BEGIN

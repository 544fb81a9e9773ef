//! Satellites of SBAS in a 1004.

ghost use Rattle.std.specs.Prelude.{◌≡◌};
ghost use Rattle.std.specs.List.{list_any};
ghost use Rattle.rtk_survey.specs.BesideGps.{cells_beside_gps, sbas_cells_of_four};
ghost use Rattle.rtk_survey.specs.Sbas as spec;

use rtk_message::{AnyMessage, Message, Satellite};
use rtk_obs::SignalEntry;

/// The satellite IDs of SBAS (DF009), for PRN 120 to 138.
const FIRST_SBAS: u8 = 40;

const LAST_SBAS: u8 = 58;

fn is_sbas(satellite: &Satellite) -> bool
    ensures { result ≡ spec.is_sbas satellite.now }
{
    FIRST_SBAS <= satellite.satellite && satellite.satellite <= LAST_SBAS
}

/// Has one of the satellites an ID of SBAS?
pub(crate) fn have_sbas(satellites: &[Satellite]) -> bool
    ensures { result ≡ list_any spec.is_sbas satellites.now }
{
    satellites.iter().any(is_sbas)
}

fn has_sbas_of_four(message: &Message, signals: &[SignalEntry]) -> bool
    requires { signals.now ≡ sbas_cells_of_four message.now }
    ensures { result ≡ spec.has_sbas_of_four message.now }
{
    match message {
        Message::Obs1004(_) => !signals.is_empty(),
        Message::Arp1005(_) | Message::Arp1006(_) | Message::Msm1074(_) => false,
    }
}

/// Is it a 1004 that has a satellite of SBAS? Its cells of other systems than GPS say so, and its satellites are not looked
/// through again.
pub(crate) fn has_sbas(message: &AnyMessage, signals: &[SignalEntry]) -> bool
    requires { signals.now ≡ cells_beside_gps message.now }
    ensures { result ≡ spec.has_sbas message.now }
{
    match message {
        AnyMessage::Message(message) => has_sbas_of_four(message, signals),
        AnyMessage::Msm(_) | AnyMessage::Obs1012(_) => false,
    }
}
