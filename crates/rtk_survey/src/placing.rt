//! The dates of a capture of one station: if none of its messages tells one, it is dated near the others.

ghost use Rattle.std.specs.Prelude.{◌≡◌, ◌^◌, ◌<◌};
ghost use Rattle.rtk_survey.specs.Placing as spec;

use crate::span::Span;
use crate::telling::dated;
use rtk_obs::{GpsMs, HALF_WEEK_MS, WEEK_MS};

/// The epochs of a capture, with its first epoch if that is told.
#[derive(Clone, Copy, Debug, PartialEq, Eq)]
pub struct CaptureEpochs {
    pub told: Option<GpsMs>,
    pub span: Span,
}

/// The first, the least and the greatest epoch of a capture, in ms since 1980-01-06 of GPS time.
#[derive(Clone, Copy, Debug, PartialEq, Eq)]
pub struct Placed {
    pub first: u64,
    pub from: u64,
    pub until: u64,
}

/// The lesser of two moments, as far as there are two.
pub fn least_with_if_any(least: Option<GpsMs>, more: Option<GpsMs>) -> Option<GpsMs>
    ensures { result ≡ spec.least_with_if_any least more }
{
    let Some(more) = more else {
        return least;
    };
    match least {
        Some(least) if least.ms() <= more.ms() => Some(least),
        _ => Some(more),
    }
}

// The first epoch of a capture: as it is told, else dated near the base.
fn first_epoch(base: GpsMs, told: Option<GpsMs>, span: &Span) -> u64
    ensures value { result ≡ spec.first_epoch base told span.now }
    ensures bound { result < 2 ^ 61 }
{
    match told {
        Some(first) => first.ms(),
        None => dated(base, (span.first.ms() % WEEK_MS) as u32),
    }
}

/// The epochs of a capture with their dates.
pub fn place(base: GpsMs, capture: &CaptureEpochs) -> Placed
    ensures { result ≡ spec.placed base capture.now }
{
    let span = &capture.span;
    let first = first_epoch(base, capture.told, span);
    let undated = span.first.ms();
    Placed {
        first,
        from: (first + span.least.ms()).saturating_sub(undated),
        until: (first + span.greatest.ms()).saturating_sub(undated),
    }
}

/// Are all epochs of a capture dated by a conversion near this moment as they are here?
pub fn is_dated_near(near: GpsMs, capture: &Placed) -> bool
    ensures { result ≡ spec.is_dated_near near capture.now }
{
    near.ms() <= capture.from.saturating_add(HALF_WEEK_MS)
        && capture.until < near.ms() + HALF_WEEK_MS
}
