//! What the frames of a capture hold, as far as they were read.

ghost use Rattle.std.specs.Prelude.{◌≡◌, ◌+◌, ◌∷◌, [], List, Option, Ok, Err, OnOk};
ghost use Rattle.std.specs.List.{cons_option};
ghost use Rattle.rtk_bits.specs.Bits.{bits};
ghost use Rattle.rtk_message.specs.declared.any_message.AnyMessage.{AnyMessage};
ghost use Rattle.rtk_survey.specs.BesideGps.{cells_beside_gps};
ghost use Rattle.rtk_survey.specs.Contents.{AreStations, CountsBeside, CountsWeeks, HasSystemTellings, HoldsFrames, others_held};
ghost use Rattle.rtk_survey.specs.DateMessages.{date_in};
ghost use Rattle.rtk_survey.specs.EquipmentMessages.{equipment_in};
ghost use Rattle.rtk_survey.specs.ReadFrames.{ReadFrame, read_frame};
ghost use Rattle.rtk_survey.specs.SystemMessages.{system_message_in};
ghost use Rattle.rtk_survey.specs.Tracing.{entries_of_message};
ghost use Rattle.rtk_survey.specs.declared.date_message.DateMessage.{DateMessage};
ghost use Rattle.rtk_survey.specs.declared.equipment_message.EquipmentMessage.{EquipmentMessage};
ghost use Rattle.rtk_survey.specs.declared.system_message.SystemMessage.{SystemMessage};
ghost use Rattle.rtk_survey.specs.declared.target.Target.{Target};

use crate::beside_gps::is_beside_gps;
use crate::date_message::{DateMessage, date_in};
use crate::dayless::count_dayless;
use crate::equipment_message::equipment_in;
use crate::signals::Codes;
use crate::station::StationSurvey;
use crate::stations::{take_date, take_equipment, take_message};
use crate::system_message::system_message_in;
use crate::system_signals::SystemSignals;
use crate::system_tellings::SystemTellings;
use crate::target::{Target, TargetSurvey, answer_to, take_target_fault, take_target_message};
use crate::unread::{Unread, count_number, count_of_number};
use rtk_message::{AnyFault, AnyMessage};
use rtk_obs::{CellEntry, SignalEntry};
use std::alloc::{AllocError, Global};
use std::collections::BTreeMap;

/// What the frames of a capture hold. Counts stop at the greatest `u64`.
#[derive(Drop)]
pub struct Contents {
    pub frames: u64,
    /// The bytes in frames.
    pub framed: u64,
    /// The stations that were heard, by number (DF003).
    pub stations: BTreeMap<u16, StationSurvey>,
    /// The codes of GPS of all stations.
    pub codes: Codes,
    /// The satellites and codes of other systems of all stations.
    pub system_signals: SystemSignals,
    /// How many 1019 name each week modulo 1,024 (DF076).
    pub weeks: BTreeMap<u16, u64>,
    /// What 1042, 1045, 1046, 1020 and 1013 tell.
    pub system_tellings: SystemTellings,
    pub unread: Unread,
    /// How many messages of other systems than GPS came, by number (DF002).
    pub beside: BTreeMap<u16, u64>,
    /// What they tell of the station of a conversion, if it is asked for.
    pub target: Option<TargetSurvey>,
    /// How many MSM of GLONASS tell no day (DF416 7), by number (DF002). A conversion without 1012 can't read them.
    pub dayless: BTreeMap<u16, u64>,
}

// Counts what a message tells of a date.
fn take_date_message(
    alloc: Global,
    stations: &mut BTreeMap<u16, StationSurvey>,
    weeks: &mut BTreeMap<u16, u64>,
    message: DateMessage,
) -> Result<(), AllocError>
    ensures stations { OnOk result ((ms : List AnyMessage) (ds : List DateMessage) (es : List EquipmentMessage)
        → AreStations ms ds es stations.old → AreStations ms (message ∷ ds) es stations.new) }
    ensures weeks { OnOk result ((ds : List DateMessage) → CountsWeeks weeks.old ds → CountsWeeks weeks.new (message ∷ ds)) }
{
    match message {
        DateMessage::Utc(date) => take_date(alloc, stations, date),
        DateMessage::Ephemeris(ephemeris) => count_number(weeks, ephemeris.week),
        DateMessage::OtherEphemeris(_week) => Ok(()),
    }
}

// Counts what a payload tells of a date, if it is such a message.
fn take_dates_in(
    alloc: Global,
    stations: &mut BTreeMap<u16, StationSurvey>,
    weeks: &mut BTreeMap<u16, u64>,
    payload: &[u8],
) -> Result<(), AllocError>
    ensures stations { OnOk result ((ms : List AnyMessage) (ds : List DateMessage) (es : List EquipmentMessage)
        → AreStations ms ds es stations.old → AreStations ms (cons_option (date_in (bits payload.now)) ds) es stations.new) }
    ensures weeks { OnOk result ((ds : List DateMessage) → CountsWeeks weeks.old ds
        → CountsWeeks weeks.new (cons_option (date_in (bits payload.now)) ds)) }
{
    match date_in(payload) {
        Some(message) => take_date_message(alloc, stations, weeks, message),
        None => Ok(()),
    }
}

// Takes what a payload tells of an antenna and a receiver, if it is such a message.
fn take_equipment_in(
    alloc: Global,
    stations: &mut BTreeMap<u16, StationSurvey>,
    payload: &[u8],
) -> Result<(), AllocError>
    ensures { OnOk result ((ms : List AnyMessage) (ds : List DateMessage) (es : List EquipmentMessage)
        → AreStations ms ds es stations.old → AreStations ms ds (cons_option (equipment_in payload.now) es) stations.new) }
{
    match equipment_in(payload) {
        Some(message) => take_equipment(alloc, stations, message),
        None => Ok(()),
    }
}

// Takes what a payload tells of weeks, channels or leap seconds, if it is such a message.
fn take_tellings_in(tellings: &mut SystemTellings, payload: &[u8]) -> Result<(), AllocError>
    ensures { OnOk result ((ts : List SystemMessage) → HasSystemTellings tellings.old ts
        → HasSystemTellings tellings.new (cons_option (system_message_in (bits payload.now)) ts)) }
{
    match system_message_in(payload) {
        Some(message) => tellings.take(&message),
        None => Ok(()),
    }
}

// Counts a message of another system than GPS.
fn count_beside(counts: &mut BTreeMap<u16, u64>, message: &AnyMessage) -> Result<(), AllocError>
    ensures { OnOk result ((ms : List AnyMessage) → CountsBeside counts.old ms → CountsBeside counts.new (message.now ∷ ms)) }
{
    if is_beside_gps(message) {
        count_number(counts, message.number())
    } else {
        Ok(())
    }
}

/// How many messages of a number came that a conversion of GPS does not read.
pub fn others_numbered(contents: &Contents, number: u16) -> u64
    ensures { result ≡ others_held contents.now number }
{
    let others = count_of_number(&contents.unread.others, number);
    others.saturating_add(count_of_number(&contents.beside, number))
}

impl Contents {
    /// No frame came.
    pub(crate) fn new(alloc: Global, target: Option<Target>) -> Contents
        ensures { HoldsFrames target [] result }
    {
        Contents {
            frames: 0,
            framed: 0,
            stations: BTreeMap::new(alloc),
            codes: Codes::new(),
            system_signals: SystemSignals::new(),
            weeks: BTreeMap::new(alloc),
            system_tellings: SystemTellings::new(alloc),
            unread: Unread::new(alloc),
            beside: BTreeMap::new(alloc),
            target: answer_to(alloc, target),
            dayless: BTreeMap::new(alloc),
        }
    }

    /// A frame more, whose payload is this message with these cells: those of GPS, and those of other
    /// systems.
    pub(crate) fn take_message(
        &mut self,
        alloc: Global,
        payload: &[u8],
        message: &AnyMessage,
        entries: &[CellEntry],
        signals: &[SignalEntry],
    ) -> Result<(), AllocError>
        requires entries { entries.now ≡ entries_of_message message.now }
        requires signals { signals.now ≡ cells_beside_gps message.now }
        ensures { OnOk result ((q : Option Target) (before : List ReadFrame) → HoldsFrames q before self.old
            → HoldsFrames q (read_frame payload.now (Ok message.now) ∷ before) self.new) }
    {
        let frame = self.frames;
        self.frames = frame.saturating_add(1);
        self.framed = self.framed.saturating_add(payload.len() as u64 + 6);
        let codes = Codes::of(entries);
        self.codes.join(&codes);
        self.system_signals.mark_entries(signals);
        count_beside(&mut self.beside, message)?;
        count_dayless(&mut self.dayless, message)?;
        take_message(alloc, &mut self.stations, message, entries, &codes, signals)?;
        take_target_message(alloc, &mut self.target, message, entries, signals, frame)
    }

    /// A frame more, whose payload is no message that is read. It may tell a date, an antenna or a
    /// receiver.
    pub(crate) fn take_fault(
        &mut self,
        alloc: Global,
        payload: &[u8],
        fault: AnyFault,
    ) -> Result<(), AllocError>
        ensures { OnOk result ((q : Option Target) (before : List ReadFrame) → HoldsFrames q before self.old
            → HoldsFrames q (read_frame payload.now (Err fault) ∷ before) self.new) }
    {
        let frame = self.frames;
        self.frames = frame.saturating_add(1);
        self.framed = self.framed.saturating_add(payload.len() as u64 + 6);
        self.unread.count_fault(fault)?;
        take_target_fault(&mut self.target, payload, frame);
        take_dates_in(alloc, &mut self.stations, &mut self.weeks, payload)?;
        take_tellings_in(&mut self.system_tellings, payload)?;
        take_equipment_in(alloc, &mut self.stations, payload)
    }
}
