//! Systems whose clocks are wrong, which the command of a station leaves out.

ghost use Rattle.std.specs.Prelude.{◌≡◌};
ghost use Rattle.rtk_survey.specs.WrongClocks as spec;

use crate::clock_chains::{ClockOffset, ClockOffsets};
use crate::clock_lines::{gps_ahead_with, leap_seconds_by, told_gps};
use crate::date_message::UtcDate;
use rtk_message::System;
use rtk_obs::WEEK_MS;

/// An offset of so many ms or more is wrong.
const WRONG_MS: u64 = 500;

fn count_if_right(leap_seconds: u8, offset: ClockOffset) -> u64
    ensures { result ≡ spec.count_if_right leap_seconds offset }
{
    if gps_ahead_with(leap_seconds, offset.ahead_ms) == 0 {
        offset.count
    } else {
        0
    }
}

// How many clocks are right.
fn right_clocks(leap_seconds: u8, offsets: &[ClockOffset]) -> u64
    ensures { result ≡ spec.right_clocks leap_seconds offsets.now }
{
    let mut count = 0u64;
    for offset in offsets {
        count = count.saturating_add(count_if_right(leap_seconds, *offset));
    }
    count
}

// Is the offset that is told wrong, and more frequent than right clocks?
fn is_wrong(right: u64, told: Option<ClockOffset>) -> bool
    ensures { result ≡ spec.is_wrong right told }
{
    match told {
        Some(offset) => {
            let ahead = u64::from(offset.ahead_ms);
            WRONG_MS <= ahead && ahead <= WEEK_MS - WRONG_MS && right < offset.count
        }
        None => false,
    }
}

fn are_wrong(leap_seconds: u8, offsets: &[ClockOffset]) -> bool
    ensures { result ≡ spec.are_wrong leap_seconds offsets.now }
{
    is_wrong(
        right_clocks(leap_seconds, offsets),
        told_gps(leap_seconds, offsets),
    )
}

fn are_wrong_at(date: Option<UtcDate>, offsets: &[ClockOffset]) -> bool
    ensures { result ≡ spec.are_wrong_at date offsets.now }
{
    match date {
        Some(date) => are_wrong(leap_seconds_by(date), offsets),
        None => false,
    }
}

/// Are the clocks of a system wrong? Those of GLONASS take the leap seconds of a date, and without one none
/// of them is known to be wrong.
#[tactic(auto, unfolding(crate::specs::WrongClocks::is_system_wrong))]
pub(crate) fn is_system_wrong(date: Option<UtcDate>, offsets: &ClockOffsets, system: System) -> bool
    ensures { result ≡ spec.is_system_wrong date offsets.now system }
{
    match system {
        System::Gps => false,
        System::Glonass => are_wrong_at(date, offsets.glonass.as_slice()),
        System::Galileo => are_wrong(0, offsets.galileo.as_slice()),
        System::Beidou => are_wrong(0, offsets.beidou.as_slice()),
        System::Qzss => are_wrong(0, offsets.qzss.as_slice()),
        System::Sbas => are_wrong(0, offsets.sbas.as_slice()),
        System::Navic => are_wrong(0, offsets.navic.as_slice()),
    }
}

END

Your instructions → The lines to copy are those in the listing that contain the word "SystemSignals".

Result for this task →
use crate::system_signals::SystemSignals;
    pub system_signals: SystemSignals,
            system_signals: SystemSignals::new(),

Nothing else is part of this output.